(Records from a collection)
*** Begin section ***
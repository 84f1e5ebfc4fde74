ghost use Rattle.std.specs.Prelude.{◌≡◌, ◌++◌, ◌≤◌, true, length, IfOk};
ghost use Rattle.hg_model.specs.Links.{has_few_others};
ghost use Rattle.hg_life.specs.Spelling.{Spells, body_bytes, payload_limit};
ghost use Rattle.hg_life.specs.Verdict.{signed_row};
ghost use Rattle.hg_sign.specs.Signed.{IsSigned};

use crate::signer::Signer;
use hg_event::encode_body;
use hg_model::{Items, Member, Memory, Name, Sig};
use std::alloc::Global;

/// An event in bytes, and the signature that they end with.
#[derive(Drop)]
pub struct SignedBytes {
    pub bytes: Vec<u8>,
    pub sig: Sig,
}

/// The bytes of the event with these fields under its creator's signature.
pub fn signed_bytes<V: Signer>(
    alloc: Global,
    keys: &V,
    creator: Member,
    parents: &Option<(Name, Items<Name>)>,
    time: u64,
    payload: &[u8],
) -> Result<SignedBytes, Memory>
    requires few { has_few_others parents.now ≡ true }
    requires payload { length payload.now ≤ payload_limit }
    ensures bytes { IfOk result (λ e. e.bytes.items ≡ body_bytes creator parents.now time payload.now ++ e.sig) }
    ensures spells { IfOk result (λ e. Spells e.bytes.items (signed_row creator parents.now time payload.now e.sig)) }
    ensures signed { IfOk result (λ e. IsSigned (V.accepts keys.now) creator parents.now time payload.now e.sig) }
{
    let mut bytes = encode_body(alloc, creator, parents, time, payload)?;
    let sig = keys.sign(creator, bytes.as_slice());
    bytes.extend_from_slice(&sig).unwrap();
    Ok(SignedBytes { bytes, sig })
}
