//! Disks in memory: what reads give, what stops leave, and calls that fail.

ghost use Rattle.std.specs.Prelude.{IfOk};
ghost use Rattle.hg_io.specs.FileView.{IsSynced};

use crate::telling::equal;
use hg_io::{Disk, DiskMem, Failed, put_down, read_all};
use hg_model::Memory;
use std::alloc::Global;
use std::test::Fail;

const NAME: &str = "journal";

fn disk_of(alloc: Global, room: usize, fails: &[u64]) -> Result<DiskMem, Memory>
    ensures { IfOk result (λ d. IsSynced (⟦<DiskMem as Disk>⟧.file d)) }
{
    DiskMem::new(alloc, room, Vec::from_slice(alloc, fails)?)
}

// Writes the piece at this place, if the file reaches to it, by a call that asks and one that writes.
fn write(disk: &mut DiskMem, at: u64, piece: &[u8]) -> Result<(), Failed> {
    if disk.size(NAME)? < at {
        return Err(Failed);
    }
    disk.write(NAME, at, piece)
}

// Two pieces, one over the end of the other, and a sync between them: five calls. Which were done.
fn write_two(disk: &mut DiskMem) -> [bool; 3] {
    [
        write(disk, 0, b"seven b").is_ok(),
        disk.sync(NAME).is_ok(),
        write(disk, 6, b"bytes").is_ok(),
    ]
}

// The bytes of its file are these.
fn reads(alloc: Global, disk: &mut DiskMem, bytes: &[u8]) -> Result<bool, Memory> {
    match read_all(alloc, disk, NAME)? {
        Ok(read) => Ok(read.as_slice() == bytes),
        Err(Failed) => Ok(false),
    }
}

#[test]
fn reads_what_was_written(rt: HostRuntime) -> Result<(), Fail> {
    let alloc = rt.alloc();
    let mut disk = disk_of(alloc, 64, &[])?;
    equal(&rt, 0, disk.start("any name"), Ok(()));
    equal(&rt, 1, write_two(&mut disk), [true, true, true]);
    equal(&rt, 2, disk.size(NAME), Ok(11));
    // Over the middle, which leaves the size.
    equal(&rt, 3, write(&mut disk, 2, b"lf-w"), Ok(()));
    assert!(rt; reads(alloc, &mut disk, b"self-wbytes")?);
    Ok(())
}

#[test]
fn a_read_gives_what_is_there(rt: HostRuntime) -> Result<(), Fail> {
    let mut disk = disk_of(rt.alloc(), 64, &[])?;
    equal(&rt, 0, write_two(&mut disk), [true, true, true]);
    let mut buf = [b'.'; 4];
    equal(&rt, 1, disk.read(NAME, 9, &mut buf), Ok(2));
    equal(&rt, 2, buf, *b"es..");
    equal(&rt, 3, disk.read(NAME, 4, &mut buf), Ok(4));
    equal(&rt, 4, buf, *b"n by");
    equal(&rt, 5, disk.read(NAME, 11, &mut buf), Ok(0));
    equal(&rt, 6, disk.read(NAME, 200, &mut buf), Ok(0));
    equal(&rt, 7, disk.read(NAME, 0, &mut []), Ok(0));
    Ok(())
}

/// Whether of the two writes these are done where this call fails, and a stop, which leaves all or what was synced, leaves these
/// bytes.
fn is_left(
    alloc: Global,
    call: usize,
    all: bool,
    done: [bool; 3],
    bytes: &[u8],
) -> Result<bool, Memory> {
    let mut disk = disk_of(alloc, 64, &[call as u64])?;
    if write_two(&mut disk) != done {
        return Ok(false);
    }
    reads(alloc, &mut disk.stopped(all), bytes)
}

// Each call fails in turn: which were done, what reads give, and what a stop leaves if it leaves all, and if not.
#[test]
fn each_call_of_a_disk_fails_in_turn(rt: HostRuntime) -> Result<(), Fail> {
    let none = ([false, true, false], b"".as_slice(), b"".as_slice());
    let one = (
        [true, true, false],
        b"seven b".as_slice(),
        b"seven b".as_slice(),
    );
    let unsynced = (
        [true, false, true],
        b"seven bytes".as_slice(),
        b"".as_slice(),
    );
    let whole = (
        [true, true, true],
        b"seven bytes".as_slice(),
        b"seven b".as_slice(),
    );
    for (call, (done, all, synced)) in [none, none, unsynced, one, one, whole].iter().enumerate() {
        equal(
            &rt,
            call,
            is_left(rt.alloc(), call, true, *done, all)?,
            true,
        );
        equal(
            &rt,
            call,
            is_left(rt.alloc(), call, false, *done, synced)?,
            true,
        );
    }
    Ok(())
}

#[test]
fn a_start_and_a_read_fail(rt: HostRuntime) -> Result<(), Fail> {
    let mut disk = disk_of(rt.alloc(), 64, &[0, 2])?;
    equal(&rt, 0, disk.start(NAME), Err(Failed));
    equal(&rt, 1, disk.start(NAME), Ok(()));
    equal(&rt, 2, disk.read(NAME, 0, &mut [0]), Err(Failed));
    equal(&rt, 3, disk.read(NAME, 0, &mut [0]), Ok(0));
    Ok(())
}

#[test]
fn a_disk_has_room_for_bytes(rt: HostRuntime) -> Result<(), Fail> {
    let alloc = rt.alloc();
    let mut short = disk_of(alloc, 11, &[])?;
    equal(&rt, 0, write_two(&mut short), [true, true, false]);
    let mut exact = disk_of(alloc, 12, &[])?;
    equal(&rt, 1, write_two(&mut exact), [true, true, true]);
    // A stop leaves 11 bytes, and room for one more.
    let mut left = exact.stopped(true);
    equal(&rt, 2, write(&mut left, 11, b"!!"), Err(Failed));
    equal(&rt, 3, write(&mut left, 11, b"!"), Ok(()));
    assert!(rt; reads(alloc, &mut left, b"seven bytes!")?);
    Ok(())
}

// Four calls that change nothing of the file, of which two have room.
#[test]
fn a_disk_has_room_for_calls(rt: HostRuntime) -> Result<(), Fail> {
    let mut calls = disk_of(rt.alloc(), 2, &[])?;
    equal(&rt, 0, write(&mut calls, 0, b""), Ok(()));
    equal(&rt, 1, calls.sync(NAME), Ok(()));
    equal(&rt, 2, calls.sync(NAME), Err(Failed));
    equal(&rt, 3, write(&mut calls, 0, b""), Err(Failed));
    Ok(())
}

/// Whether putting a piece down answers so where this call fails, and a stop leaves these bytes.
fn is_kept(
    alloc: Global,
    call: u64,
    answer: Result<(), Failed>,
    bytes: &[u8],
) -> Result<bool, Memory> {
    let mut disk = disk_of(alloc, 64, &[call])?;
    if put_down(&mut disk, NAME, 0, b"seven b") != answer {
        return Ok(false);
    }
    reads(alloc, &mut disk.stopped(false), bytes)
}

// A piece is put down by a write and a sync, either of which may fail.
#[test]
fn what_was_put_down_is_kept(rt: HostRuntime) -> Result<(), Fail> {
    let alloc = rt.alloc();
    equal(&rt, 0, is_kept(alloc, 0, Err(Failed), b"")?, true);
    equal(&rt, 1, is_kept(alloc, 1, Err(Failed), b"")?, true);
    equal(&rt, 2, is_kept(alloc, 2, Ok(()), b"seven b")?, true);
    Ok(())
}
*** End section ***
Task prompt:
A count alone is required. How many lines in the entries contain the string "Whether"?

Answer for this exercise:
2